Problem to solve:
Scan the records that follow, and whenever a line has the word "than", copy it.

Dataset entries
_ _ _ _ _ _ _
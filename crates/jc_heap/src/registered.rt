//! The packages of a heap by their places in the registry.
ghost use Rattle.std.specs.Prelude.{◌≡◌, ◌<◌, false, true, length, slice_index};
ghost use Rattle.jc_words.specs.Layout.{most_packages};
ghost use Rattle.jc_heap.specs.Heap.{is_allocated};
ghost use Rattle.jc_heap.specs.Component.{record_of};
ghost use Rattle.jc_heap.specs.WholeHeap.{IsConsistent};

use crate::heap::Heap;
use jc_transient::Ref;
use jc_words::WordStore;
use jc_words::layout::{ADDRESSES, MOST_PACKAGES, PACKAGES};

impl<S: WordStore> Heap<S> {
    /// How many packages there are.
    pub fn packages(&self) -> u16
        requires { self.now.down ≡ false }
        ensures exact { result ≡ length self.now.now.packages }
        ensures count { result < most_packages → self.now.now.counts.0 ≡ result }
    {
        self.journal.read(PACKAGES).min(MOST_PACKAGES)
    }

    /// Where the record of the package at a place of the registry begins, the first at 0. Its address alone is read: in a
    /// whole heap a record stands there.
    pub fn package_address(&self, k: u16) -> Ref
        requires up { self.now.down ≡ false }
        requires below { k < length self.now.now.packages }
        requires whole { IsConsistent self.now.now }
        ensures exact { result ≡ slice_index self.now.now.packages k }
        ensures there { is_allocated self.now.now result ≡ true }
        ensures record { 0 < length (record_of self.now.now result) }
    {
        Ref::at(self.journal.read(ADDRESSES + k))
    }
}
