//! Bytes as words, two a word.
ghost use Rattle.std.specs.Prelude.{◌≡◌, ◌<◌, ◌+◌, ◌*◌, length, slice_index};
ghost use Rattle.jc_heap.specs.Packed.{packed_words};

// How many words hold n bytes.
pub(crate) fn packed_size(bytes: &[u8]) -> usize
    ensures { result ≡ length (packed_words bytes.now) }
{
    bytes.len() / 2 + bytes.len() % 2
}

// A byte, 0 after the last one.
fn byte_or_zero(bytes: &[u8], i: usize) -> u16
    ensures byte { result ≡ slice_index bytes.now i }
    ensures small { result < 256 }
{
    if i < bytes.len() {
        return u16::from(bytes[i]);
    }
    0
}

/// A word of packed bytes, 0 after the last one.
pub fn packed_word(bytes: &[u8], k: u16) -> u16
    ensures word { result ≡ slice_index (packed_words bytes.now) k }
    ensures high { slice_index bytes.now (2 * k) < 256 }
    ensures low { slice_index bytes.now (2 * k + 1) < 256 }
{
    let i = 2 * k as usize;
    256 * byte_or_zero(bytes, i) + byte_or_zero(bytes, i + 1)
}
_ _ _ _ _ _ _
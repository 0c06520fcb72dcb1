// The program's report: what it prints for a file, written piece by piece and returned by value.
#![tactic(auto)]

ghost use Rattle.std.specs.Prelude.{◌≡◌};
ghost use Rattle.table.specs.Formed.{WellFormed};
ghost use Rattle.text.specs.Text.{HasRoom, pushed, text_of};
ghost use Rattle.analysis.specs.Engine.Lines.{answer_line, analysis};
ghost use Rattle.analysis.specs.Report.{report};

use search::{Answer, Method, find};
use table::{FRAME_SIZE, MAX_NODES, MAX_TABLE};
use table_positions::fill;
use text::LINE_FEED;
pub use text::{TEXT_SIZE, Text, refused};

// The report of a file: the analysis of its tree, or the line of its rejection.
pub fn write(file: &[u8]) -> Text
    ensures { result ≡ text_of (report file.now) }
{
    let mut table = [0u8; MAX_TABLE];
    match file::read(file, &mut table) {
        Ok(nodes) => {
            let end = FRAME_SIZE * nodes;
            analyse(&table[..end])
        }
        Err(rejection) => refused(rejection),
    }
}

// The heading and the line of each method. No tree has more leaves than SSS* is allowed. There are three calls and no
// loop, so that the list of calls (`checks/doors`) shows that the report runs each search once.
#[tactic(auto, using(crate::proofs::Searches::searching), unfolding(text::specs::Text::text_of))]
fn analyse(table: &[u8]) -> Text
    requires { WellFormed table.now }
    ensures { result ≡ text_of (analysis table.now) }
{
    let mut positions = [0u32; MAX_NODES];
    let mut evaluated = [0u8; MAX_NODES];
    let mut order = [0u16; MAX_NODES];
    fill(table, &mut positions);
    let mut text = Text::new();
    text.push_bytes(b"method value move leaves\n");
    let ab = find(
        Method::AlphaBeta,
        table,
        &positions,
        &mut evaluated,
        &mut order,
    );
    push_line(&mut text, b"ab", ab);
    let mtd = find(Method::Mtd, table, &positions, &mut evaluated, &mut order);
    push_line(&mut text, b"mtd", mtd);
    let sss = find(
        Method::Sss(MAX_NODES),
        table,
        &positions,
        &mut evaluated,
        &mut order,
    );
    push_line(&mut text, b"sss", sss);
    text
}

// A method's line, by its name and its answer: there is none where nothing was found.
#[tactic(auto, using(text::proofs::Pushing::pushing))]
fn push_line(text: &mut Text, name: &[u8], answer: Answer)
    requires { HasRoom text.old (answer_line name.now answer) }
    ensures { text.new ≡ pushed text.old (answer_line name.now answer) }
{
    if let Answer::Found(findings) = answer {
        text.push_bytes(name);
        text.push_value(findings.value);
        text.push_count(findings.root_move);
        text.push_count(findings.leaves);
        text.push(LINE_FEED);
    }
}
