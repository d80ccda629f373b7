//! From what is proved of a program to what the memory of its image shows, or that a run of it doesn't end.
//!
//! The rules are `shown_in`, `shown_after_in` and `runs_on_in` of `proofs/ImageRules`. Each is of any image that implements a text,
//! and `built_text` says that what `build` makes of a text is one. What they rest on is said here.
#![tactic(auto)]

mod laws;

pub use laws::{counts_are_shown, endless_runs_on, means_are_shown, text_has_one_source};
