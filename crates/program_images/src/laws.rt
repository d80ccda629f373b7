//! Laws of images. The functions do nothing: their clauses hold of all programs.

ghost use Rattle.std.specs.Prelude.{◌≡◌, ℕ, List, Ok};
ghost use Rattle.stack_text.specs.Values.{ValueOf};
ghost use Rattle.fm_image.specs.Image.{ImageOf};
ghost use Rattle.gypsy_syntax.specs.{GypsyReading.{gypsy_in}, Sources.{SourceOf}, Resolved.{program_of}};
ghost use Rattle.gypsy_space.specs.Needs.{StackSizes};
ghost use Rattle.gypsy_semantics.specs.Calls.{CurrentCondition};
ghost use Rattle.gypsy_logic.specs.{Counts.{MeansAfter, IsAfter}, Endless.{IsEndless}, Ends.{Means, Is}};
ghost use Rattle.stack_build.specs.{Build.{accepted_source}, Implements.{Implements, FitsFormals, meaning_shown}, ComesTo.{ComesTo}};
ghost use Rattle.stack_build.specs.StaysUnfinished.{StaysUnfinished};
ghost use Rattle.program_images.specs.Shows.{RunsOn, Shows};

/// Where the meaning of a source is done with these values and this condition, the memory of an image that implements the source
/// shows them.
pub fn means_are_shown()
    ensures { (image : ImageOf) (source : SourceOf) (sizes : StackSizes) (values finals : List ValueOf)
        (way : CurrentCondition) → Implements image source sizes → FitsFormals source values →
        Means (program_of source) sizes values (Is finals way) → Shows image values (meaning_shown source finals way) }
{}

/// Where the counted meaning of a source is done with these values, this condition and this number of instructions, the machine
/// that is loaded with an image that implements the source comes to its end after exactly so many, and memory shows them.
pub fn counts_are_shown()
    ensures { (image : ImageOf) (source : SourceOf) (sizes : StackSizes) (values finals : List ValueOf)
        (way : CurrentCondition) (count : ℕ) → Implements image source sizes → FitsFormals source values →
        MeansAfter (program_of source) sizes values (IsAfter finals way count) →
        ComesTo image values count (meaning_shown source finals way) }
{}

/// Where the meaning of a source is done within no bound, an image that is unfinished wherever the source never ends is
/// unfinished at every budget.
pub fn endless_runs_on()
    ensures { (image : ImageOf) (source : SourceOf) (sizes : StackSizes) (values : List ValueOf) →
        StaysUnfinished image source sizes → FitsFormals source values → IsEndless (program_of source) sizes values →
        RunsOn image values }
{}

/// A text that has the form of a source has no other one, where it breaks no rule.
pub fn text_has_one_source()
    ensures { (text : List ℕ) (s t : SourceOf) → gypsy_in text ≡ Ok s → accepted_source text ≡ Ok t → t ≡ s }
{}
_ _ _ _ _ _ _
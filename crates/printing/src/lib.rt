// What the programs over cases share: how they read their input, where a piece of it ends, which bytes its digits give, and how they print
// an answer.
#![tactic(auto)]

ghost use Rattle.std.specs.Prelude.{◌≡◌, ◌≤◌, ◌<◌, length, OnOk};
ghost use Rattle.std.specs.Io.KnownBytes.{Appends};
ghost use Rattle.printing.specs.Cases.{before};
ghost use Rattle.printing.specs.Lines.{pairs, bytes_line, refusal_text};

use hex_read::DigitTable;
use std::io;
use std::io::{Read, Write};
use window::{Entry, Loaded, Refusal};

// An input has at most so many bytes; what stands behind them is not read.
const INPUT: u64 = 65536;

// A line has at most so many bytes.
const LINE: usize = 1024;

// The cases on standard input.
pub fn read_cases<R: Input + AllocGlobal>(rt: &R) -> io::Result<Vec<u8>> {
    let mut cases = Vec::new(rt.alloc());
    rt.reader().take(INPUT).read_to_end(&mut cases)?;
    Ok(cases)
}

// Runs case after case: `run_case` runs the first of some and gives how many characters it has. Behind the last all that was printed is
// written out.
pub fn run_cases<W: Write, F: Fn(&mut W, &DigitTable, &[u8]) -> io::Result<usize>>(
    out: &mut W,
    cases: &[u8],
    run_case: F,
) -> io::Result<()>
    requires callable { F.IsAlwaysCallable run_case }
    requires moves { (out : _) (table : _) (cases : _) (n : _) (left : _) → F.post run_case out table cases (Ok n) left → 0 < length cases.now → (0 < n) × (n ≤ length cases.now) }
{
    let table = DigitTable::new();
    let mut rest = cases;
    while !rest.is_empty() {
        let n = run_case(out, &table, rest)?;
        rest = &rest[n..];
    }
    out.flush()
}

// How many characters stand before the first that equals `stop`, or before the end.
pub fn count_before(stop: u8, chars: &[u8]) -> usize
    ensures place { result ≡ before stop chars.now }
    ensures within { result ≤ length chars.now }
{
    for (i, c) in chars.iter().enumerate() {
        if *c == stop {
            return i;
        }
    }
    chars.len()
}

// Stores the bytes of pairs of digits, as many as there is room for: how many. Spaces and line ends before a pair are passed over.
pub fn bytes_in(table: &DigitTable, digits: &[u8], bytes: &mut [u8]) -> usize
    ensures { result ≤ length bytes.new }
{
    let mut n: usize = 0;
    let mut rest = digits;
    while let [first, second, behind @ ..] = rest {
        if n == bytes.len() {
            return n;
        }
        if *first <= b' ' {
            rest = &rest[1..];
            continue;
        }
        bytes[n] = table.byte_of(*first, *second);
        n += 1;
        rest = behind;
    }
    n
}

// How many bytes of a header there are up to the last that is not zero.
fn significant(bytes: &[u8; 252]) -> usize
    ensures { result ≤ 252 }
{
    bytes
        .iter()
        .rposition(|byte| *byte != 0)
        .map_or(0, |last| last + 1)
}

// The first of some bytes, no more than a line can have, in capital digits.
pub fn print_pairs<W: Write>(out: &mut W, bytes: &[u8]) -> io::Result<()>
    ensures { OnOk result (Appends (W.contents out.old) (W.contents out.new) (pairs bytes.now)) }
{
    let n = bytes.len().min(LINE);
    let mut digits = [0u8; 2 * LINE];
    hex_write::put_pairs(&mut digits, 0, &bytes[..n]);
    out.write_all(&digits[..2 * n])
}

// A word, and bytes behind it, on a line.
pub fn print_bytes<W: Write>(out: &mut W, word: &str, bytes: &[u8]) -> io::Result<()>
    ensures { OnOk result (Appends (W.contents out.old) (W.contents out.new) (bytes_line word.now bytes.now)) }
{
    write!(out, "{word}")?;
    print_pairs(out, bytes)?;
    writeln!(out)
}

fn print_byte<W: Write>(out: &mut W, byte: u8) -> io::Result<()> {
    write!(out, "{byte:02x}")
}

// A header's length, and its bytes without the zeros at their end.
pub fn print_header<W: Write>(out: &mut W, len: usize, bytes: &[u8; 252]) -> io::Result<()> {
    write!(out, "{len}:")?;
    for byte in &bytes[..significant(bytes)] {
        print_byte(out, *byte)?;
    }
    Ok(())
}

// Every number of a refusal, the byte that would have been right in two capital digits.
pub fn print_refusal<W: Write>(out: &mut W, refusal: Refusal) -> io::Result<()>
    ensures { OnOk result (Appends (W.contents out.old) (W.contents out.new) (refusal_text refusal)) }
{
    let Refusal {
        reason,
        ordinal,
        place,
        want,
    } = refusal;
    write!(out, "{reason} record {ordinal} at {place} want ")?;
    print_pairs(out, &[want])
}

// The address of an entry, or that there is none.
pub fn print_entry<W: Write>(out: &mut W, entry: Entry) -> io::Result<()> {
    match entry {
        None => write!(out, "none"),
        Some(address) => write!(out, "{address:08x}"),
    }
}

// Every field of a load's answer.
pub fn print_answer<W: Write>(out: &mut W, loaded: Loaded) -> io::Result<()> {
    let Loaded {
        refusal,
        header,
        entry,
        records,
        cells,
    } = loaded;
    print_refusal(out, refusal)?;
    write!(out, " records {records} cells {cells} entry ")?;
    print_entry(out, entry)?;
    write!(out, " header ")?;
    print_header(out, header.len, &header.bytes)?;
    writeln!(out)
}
_ _ _ _ _ _ _
Solution for this task:
// The heading and the line of each method. No tree has more leaves than SSS* is allowed. There are three calls and no
// The first of some bytes, no more than a line can have, in capital digits.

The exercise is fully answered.